■ Task to carry out ■
Your output should be the lines of the entries below, exactly, from the first one through the line that holds "so many bytes".

■ Input records ■
★ ★ ★ ★ ★

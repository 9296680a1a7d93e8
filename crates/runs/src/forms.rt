// What comes of a case of forms:
//   read ROOM TEXT       the text is read to an output of so many words; in it | stands for LF, and a few signs for other bytes
//   write ROOM W W ..    the order of these words is written to an output of so many bytes
//   back TEXT            the text is read and written back
//   there W W ..         the order of these words is written and read back
// All calls are made through the functions for C (`ofb`).
use figures::Written;
use figures::numbers::DONE;
use ofb::OfbAnswer;
use runs_kit::fault::Fault;
use runs_kit::lent::{self, HELD, HELD_BYTE, MOST};
use runs_kit::{line, say};

// Runs a case of `read`: reads the text to an output, and says what came of it.
pub fn read(rt: &(impl Print + AllocGlobal), behind: Option<&[u8]>) -> Result<(), Fault> {
    let (room, spelt) = line::split(behind.ok_or(Fault::NotUnderstood)?);
    let room = line::number(room).ok_or(Fault::NotUnderstood)?;
    let room = line::room(usize::from(room), MOST)?;
    let mut out = vec![in rt.alloc(); HELD; room]?;
    let text = line::text(rt.alloc(), spelt)?;
    let answer = ofb::ofb_read_text(&text, &mut out);
    lent::words(rt, told(answer), &out)?;
    Ok(())
}

// Runs a case of `write`: writes the order to an output, and says what came of it.
pub fn write(rt: &(impl Print + AllocGlobal), given: &[u16]) -> Result<(), Fault> {
    let [room, order @ ..] = given else {
        return Err(Fault::NotUnderstood);
    };
    let room = line::room(usize::from(*room), MOST)?;
    let mut out = vec![in rt.alloc(); HELD_BYTE; room]?;
    let answer = ofb::ofb_write_text(order, &mut out);
    lent::text(rt, told(answer), &out)?;
    Ok(())
}

// An answer of a function for C, as it is said.
pub fn told(answer: OfbAnswer) -> Written {
    Written {
        number: answer.number,
        line: usize::from(answer.line),
        count: answer.written as usize,
    }
}

// What a call wrote to an output, if it was done.
fn written<T>(answer: OfbAnswer, out: &[T]) -> Option<&[T]> {
    if answer.number != DONE {
        return None;
    }
    out.get(..answer.written as usize)
}

// Whether a text is read, and its words are written, to the same bytes.
fn is_back(text: &[u8]) -> bool {
    let mut out = [HELD; MOST];
    let read = ofb::ofb_read_text(text, &mut out);
    let Some(order) = written(read, &out) else {
        return false;
    };
    let mut bytes = [HELD_BYTE; MOST];
    let wrote = ofb::ofb_write_text(order, &mut bytes);
    written(wrote, &bytes) == Some(text)
}

// Runs a case of `back`.
pub fn back(rt: &(impl Print + AllocGlobal), behind: Option<&[u8]>) -> Result<(), Fault> {
    let text = line::text(rt.alloc(), behind)?;
    print!(rt; "{}", say::came_back(is_back(&text)))?;
    Ok(())
}

// Whether an order is written, and its text is read, to the same words.
fn is_there(order: &[u16]) -> bool {
    let mut out = [HELD_BYTE; MOST];
    let wrote = ofb::ofb_write_text(order, &mut out);
    let Some(text) = written(wrote, &out) else {
        return false;
    };
    let mut words = [HELD; MOST];
    let read = ofb::ofb_read_text(text, &mut words);
    written(read, &words) == Some(order)
}

// Runs a case of `there`.
pub fn there(rt: &impl Print, order: &[u16]) -> Result<(), Fault> {
    print!(rt; "{}", say::came_back(is_there(order)))?;
    Ok(())
}
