// The files that are run: an input of the desk as a whole, and any other line by line. Assumes what std does of files.
use crate::cases;
use runs_kit::kept::Kept;
use std::io::Read;
use std::rt::Files;
use std::{fs, io, str};

// The bytes of a file of cases that are run.
const MOST: u64 = 65536;

// Runs each line of a text; the last may stand without LF, and nothing is kept before the first.
fn lines(rt: &(impl Print + AllocGlobal), text: &[u8]) -> io::Result<()> {
    let mut kept = Kept::new(rt.alloc());
    for line in text.split_inclusive(|byte| *byte == b'\n') {
        cases::run(rt, line.strip_suffix(b"\n").unwrap_or(line), &mut kept)?;
    }
    Ok(())
}

// Reads a file of cases, as much of it as is run, and runs its lines. Says so if the file has more.
fn read(rt: &(impl Print + AllocGlobal), file: &mut impl Read) -> io::Result<()> {
    let mut text = Vec::new(rt.alloc());
    file.take(MOST).read_to_end(&mut text)?;
    lines(rt, &text)?;
    let mut more = [0u8; 1];
    if file.read(&mut more)? != 0 {
        println!(rt; "the file is too long: not all of it was run")?;
    }
    Ok(())
}

// Opens the file of a name, if there is one.
fn open<R: Files>(rt: &R, name: &[u8]) -> Option<R::File> {
    let path = str::from_utf8(name).ok()?;
    fs::open(rt, path).ok()
}

// Runs a file, below its name.
pub fn run(rt: &(impl Files + Print + AllocGlobal), name: &[u8]) -> io::Result<()> {
    print!(rt; "== ")?;
    rt.write_all(name)?;
    println!(rt; "")?;
    let Some(mut file) = open(rt, name) else {
        return println!(rt; "no such file");
    };
    if name.starts_with(b"desk/") {
        desk_loop::from(rt, &mut file)
    } else {
        read(rt, &mut file)
    }
}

★ ★ ★ ★ ★

■ Answer space ■
repository 9296680a1a7d93e8
filename crates/runs/src/forms.rt
// What comes of a case of forms:
//   read ROOM TEXT       the text is read to an output of so many words; in it | stands for LF, and a few signs for other bytes
//   write ROOM W W ..    the order of these words is written to an output of so many bytes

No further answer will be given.